Es gibt natürlich "Großkampftage" in den Notaufnahmen - Jahreswechsel zum Beispiel, Karneval, Großveranstaltungen und so weiter. Aber auch wenn zu solchen Anlässen besonders viel Alkohol fließt und damit auch das Verletzungsrisiko und das Aggressionspotenzial steigen: Gewalt gegen Personal des Gesundheitssektors ist eigentlich längst zu einem Dauerproblem geworden. Das bestätigt auch der Chef der Notaufnahme des Allgemeinen Städtischen Krankenhauses von Aalst, Lieven Vergote.
Früher sei die Gewalt vor allem verbal gewesen, so Vergote in der VRT-Sendung "Terzake". Aber mittlerweile gehe es immer mehr um körperliche Gewalt, das sei besorgniserregend. Nach dem Personal ausholen, es an die Wand drücken oder am Hals packen, Faustschläge – auch er habe das schon am eigenen Leib erleben müssen.
"Manche Patienten kommen sogar bewaffnet", bestätigt Serge Verret, verantwortlich für Prävention und für den Sicherheitsdienst im Netzwerk der Antwerpener Krankenhäuser. Oft handele es sich um Taschenmesser oder Messer. Aber wenn Patienten wirklich ausrasteten, könne potenziell alles in Griffweite zu einer gefährlichen Waffe werden.
Vor Kurzem habe ein Patient mit einer abgebrochenen Flasche eine Pflegerin angegriffen. Als die Security dazwischen gegangen sei, habe der Patient zugestochen, glücklicherweise habe eine stichsichere Weste Schlimmeres verhindert.
Von privaten Sicherheitsdiensten, die leider mittlerweile an verschiedenen Krankenhäusern zum Alltag gehören, hört man deshalb auch den Wunsch nach Aufrüstung, etwa nach Pfefferspray oder auch nach Handschellen, um gewalttätige Patienten bis zum Eintreffen der Polizei zu fixieren und so eine weitere Eskalation der Situation zu verhindern.

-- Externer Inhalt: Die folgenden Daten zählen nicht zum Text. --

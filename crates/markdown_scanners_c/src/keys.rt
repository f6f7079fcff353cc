//! Keys of link labels, by which they are kept and looked up.
ghost use Rattle.std.specs.Prelude.{◌≡◌, ◌≢◌, ◌≤◌, ◌*◌, IsAscii, length, map};
ghost use Rattle.std.specs.Char.{to_ascii_lowercase};
ghost use Rattle.markdown_scanners_c.specs.Buffer.{IsWritten};
ghost use Rattle.markdown_scanners_c.specs.Keys.{IsKeyText, IsReturnedKey};
ghost use Rattle.markdown_scanners_c.specs.Status.{no_memory};

use crate::status::{NO_MEMORY, NOT_UTF8, OK};
use crate::texts::{Text, no_text, write_text};
use caseless::default_case_fold_str;
use std::alloc::Global;

/// Writes the key of a label, its full case folding. (CommonMark 0.31.2, section 6.3)
#[unsafe(no_mangle)]
pub extern "C" fn mds_label_key(alloc: Global, text: &[u8], buffer: &mut [u8]) -> Text
    ensures key { IsReturnedKey text.now buffer.old buffer.new result }
    ensures room { result.length ≤ 3 * length text.now }
    ensures no_memory { IsAscii text.now → result.status ≢ no_memory }
{
    if text.is_ascii() {
        return write_lowercase(text, buffer);
    }
    match str::from_utf8(text) {
        Ok(text) => key_text(alloc, text, buffer),
        Err(_) => no_text(NOT_UTF8),
    }
}

// The key of a label, in the buffer.
fn key_text(alloc: Global, text: &str, buffer: &mut [u8]) -> Text
    ensures key { IsKeyText text.now buffer.old buffer.new result }
    ensures room { result.length ≤ 3 * length text.now }
{
    match default_case_fold_str(alloc, text) {
        Ok(key) => write_text(key.as_bytes(), text.len(), buffer),
        Err(_) => no_text(NO_MEMORY),
    }
}

// Writes the bytes in lower case at the front of the buffer, where there is room for them.
fn write_lowercase(bytes: &[u8], buffer: &mut [u8]) -> Text
    ensures written { IsWritten (map to_ascii_lowercase bytes.now) buffer.old buffer.new
        result.status result.length }
    ensures taken { result.taken ≡ length bytes.now }
{
    let text = write_text(bytes, bytes.len(), buffer);
    if text.status == OK {
        buffer[..text.length].make_ascii_lowercase();
    }
    text
}
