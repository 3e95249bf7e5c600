// A buffer over any byte source: it takes the bytes from below a block at a time.
ghost use Rattle.std.specs.Prelude.{◌≡◌, ◌≤◌, IfOk, IfErr};
ghost use Rattle.source.specs.declared.buffers.TheConstants.{BLOCK};

use crate::sources::{ByteSource, Fault};
use std::ops::Range;

// The bytes of a block.
const BLOCK: usize = 64;

// What is held is the part `span` of the block. A fixed block, since byte sources allocate nothing.
#[derive(Drop)]
pub struct Buffer<S> {
    below: S,
    block: [u8; BLOCK],
    span: Range<usize>,
    ghost within: { span.end ≤ BLOCK },
}

impl<S: ByteSource> Buffer<S> {
    ghost use Rattle.source.specs.Asking.{first, rest};
    ghost use Rattle.source.specs.Buffers.{held, buffer_bytes, buffer_ending, Filled};

    pub fn new(below: S) -> Buffer<S>
        ensures bytes { buffer_bytes S.ByteSource.bytes result ≡ S.ByteSource.bytes below }
        ensures ending { buffer_ending S.ByteSource.ending result ≡ S.ByteSource.ending below }
    {
        Buffer {
            below,
            block: [0; BLOCK],
            span: 0..0,
        }
    }

    // Takes bytes from below into a block until it is full or the ending comes, and answers how many. A fault is answered only if it comes first.
    fn fill(below: &mut S, block: &mut [u8; BLOCK]) -> Result<usize, Fault>
        ensures filled { Filled (S.ByteSource.bytes below.old) (S.ByteSource.ending below.old) result block.new (S.ByteSource.bytes below.new) (S.ByteSource.ending below.new) }
        ensures fits { IfOk result (λ n. n ≤ BLOCK) }
        ensures kept { IfErr result (λ fault. block.new ≡ block.old) }
    {
        for (n, slot) in block.iter_mut().enumerate() {
            match below.next() {
                Ok(Some(b)) => *slot = b,
                Err(fault) if n == 0 => return Err(fault),
                Ok(None) | Err(_) => return Ok(n),
            }
        }
        Ok(BLOCK)
    }

    // The first byte that is held, which is then no longer held.
    #[tactic(auto, using(crate::proofs::Blocks::part_some))]
    fn take_held(&mut self) -> Option<u8>
        ensures gives { result ≡ first (held self.old) }
        ensures leaves { held self.new ≡ rest (held self.old) }
        ensures below { self.new.below ≡ self.old.below }
    {
        Some(self.block[self.span.next()?])
    }
}

impl<S: ByteSource> ByteSource for Buffer<S> {
    ghost use Rattle.source.specs.Asking.{Asked};
    ghost use Rattle.source.specs.Buffers.{held, buffer_bytes, buffer_ending, Ahead};

    ghost bytes = { buffer_bytes S.ByteSource.bytes };

    ghost ending = { buffer_ending S.ByteSource.ending };

    fn next(&mut self) -> Result<Option<u8>, Fault>
        ensures asked { Asked (buffer_bytes S.ByteSource.bytes self.old) (buffer_ending S.ByteSource.ending self.old) result (buffer_bytes S.ByteSource.bytes self.new) (buffer_ending S.ByteSource.ending self.new) }
        ensures ahead { Ahead (held self.old) (S.ByteSource.bytes self.old.below) (held self.new) (S.ByteSource.bytes self.new.below) }
    {
        if let Some(b) = self.take_held() {
            return Ok(Some(b));
        }
        self.span = 0..Self::fill(&mut self.below, &mut self.block)?;
        Ok(self.take_held())
    }
}
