// A source that ends with a fault of one's choice, for tests and scripts.
ghost use Rattle.std.specs.Prelude.{◌≡◌};
ghost use Rattle.source.specs.Endings.{faulty};
ghost use Rattle.source.specs.Faults.{faulted_bytes, faulted_ending};

use crate::sources::{ByteSource, Fault};

// The bytes of the source below, and then the fault, however the source below ends.
#[derive(Drop)]
pub struct Faulted<S> {
    below: S,
    fault: Fault,
}

impl<S: ByteSource> Faulted<S> {
    pub fn new(below: S, code: u8) -> Faulted<S>
        ensures bytes { faulted_bytes S.ByteSource.bytes result ≡ S.ByteSource.bytes below }
        ensures ending { faulted_ending result ≡ faulty code }
    {
        Faulted {
            below,
            fault: Fault { code },
        }
    }
}

impl<S: ByteSource> ByteSource for Faulted<S> {
    ghost bytes = { faulted_bytes S.ByteSource.bytes };

    ghost ending = { faulted_ending };

    fn next(&mut self) -> Result<Option<u8>, Fault> {
        match self.below.next() {
            Ok(Some(b)) => Ok(Some(b)),
            _ => Err(self.fault),
        }
    }
}
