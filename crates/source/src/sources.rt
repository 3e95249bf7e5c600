// What every byte source answers when it is asked for a byte.
ghost use Rattle.std.specs.Prelude.{ℕ, List, Some};
ghost use Rattle.source.specs.Asking.{Asked};
ghost use Rattle.source.specs.Endings.{Ending, ending_text, fault_text};

use std::error::Error;
use std::fmt;

// What keeps a source from giving more bytes. Only the source knows what its code says.
#[derive(Clone, Copy, PartialEq, Eq, Debug)]
pub struct Fault {
    pub code: u8,
}

impl fmt::Display for Fault {
    ghost output = { λ f. Some (fault_text f) };

    fn fmt<W: fmt::Write>(&self, f: &mut fmt::Formatter<W>) -> fmt::Result {
        write!(f, "fault {}", self.code)
    }
}

impl Error for Fault {}

// How the bytes of a source end: there are no more, or a fault keeps it from giving more.
pub type Ending = Result<(), Fault>;

// Prints an ending: `end`, or the fault.
#[derive(Clone, Copy, PartialEq, Eq, Debug)]
pub struct PrintedEnding(pub Ending);

impl fmt::Display for PrintedEnding {
    ghost output = { λ e. Some (ending_text e.0) };

    fn fmt<W: fmt::Write>(&self, f: &mut fmt::Formatter<W>) -> fmt::Result {
        match self.0 {
            Ok(()) => write!(f, "end"),
            Err(fault) => write!(f, "{fault}"),
        }
    }
}

pub trait ByteSource {
    // The bytes that are left, in order.
    ghost bytes: { Self → List ℕ };

    // What stands behind them.
    ghost ending: { Self → Ending };

    // The first byte that is left, which is then no longer left; or, with none left, the ending, each time.
    fn next(&mut self) -> Result<Option<u8>, Fault>
        ensures { Asked (bytes self.old) (ending self.old) result (bytes self.new) (ending self.new) };
}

Das sei aber nicht so einfach, erklärt der föderale Gesundheitsminister Frank Vandenbroucke im Interview mit Radio Een. Privaten Sicherheitsdiensten solche Kompetenzen zu geben, sei keine Selbstverständlichkeit, denn das mache sie polizei-ähnlicher. Hinzu komme das Problem, dass dadurch ein möglicher Präzedenzfall für andere Bereiche geschaffen werde, in denen private Sicherheitsdienste eingesetzt würden.
Polizei als Anlaufstelle
Eine weitere Forderung aus dem Gesundheitssektor ist derweil auch die Einrichtung einer zentralen Meldestelle. Denn aktuell ist es schwierig, sich überhaupt ein umfassendes Bild der Lage zu machen. Krankenhäuser, Ärztekammer, Berufsverbände – sie alle erfassen Gewalt gegen ihre Mitglieder separat. So etwas wie ein zentrales Register gibt es also nicht, obwohl das nach Meinung von Experten hilfreich sein könnte.

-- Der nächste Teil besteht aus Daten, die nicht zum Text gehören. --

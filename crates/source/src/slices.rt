// A source over lent bytes.
ghost use Rattle.std.specs.Prelude.{◌≡◌};
ghost use Rattle.source.specs.Endings.{at_end};
ghost use Rattle.source.specs.Slices.{slice_bytes, slice_ending};

use crate::sources::{ByteSource, Fault};

#[derive(Drop)]
pub struct SliceSource<'a> {
    rest: &'a [u8],
}

impl<'a> SliceSource<'a> {
    pub fn new(bytes: &'a [u8]) -> SliceSource<'a>
        ensures bytes { slice_bytes result ≡ bytes.now }
        ensures ending { slice_ending result ≡ at_end }
    {
        SliceSource { rest: bytes }
    }
}

impl<'a> ByteSource for SliceSource<'a> {
    ghost bytes = { slice_bytes };

    ghost ending = { slice_ending };

    fn next(&mut self) -> Result<Option<u8>, Fault> {
        let [b, rest @ ..] = self.rest else {
            return Ok(None);
        };
        self.rest = rest;
        Ok(Some(*b))
    }
}
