// Taking all that a source has left.
ghost use Rattle.std.specs.Prelude.{◌≡◌, [], ◌++◌};
ghost use Rattle.source.specs.Drains.{Drained, drain_error_text};
ghost use Rattle.source.specs.declared.drains.DrainError.TheVariants.{Fault as FaultError, Memory};

use crate::sources::{ByteSource, Fault};
use std::alloc::AllocError;
use std::error::Error;
use std::fmt;

// Why a drain did not come to the end.
#[derive(Clone, Copy, PartialEq, Eq, Debug)]
pub enum DrainError {
    Fault(Fault),
    Memory(AllocError),
}

impl fmt::Display for DrainError {
    ghost output = { drain_error_text };

    fn fmt<W: fmt::Write>(&self, f: &mut fmt::Formatter<W>) -> fmt::Result {
        match self {
            Self::Fault(fault) => write!(f, "{fault}"),
            Self::Memory(error) => write!(f, "{error}"),
        }
    }
}

impl Error for DrainError {}

impl From<Fault> for DrainError {
    ghost from_gives = { λ fault e. e ≡ FaultError fault };

    fn from(fault: Fault) -> DrainError {
        DrainError::Fault(fault)
    }
}

impl From<AllocError> for DrainError {
    ghost from_gives = { λ error e. e ≡ Memory error };

    fn from(error: AllocError) -> DrainError {
        DrainError::Memory(error)
    }
}

// Takes every byte that the source has left to the end of `bytes`. A source that ends with a fault is drained too, and the fault is answered.
// Where memory runs out, the bytes not yet taken are still the source's.
pub fn drain<S: ByteSource>(source: &mut S, bytes: &mut Vec<u8>) -> Result<(), DrainError>
    ensures { Drained bytes.old.items (S.ByteSource.bytes source.old) (S.ByteSource.ending source.old) result bytes.new.items (S.ByteSource.bytes source.new) (S.ByteSource.ending source.new) }
{
    loop {
        bytes.reserve(1)?;
        match source.next()? {
            Some(b) => bytes.push_reserved(b),
            None => return Ok(()),
        }
    }
}
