// A source over a deck of 80-byte cards, of which the first 72 bytes are text.
ghost use Rattle.std.specs.Prelude.{◌≡◌};
ghost use Rattle.source.specs.Decks.{deck_bytes, deck_ending, card_texts, cards_end};

use crate::sources::{ByteSource, Fault};

// The bytes of one card.
const CARD: usize = 80;

// The bytes of a card that are text. The others number the card.
const TEXT: usize = 72;

// The fault of a deck whose last card is cut short.
const RAGGED: Fault = Fault { code: 1 };

#[derive(Drop)]
pub struct Deck<'a> {
    cards: &'a [u8],
    // Where in the deck the next card starts. The slice stays whole, and each card is cut out of the middle of it.
    at: usize,
    // What is left of the text of the card before it.
    text: &'a [u8],
}

impl<'a> Deck<'a> {
    pub fn new(cards: &'a [u8]) -> Deck<'a>
        ensures bytes { deck_bytes result ≡ card_texts cards.now }
        ensures ending { deck_ending result ≡ cards_end cards.now }
    {
        Deck {
            cards,
            at: 0,
            text: &[],
        }
    }
}

impl<'a> ByteSource for Deck<'a> {
    ghost bytes = { deck_bytes };

    ghost ending = { deck_ending };

    fn next(&mut self) -> Result<Option<u8>, Fault> {
        if self.text.is_empty() {
            let left = self.cards.len().saturating_sub(self.at);
            if left == 0 {
                return Ok(None);
            }
            if left < CARD {
                return Err(RAGGED);
            }
            self.text = &self.cards[self.at..self.at + TEXT];
            self.at += CARD;
        }
        let [b, text @ ..] = self.text else {
            unreachable!()
        };
        self.text = text;
        Ok(Some(*b))
    }
}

Er halte es nicht wirklich für sinnvoll, in Brüssel eine neue Verwaltung einzurichten, wo Betroffene individuell Meldung über Angriffe erstatten könnten, sagt aber Vandenbroucke. Wenn Anzeige erstattet werden könne, und das ermutige er absolut und wann immer möglich, dann sei die Polizei die richtige Anlaufstelle für Opfer.
Er werde aber schnellstmöglich Krankenhäuser, Ärztevertreter und so weiter zu einer gemeinsamen Diskussion einladen, verspricht Vandenbroucke. Dann werde man sehen, wie man auf Basis der von ihnen erfassten Fälle Daten besser sammeln und erfassen könne. Das werde dabei helfen, das Problem zu beziffern und entsprechende politische Maßnahmen zu ergreifen.
Ganz grundsätzlich sei es aber natürlich so, dass Gewalt gegen Personal des Gesundheitssektors und auch anderer gesellschaftlich relevanter Bereich nie hinnehmbar sei, so Vandenbroucke. Deswegen sehe ein bereits beschlossenes Gesetz vor, das als erschwerende Umstände zu werten bei einem Gerichtsprozess. Und das neue Strafgesetzbuch, das in einigen Jahren kommen werde, sehe eine weitere Verschärfung der entsprechenden Strafen vor. Denn es gehe auch wirklich darum, hier ein deutliches Signal auszusenden an Gewalttäter.